CODEVI en grève : entre pouvoir d’achat et compétitivité
La paralysie du parc industriel CODEVI à Ouanaminthe dépasse le cadre d’un simple conflit social. Elle met en lumière une tension devenue centrale dans l’économie haïtienne : comment préserver des emplois formels et rester compétitif à l’exportation, alors que l’inflation reste élevée, que l’économie se contracte depuis des années et que la hausse récente des prix du carburant alourdit encore le coût de la vie.

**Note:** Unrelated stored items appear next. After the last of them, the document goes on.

//! The conduct of the whole system, as a run names it.

use qc_fabric::Conduct;

/// Each actor posts the turn that its deeds call for, and rises with records that
/// fit it.
pub struct Rules;

impl Conduct for Rules {
    ghost use Rattle.qc_core.specs.Conduct.{IsLawfulWithFalls};
    ghost use Rattle.qc_node.specs.Rules.{fits_of};

    ghost lawful = { IsLawfulWithFalls };

    ghost fits = { fits_of };
}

À l’origine de la grève, les revendications portent d’abord sur le salaire minimum, fixé à 600 gourdes par jour depuis plus de cinq ans, sans ajustement périodique au coût de la vie. Les ouvriers contestent aussi les prélèvements effectués au profit de l’OFATMA, alors que les services attendus ne seraient pas réellement disponibles à Ouanaminthe. Le problème ne se limite donc pas au salaire nominal : il touche aussi à l’érosion du pouvoir d’achat et à la faiblesse de la protection sociale.
Cette tension intervient dans un contexte particulièrement lourd. Haïti sort d’années de contraction économique, avec une inflation encore élevée et un environnement marqué par l’insécurité, la fragilité institutionnelle et le ralentissement de l’activité. À cela s’ajoute la hausse récente des prix du diesel et de l’essence, qui renchérit immédiatement le transport, l’acheminement des marchandises et les dépenses quotidiennes des travailleurs. Dans ces conditions, la question salariale devient inséparable du coût de la vie.
Mais l’autre versant du problème est la compétitivité. CODEVI est l’un des rares pôles industriels formels encore insérés dans les marchés extérieurs. Sa place dans des chaînes d’approvisionnement tournées vers le marché américain fait de sa stabilité un enjeu bien plus large que celui d’une seule entreprise. Un arrêt prolongé ne menace pas seulement la production du parc ; il affecte aussi les petits commerces, les prestataires de services et l’économie locale de Ouanaminthe et du Grand Nord.
En fin de compte, la grève de la CODEVI rappelle que la compétitivité en Haïti ne se détermine pas uniquement par le coût horaire de la main-d’œuvre. Elle dépend aussi du transport, de l’énergie, de la sécurité, du cadre réglementaire et de la capacité des travailleurs à vivre de leur revenu. Une compétitivité fondée sur des salaires comprimés dans une économie inflationniste devient socialement fragile. Mais un environnement trop instable fragilise tout autant l’attractivité du pays. Entre les deux, le défi reste entier : préserver l’emploi formel sans faire porter aux ouvriers l’essentiel du coût de la crise.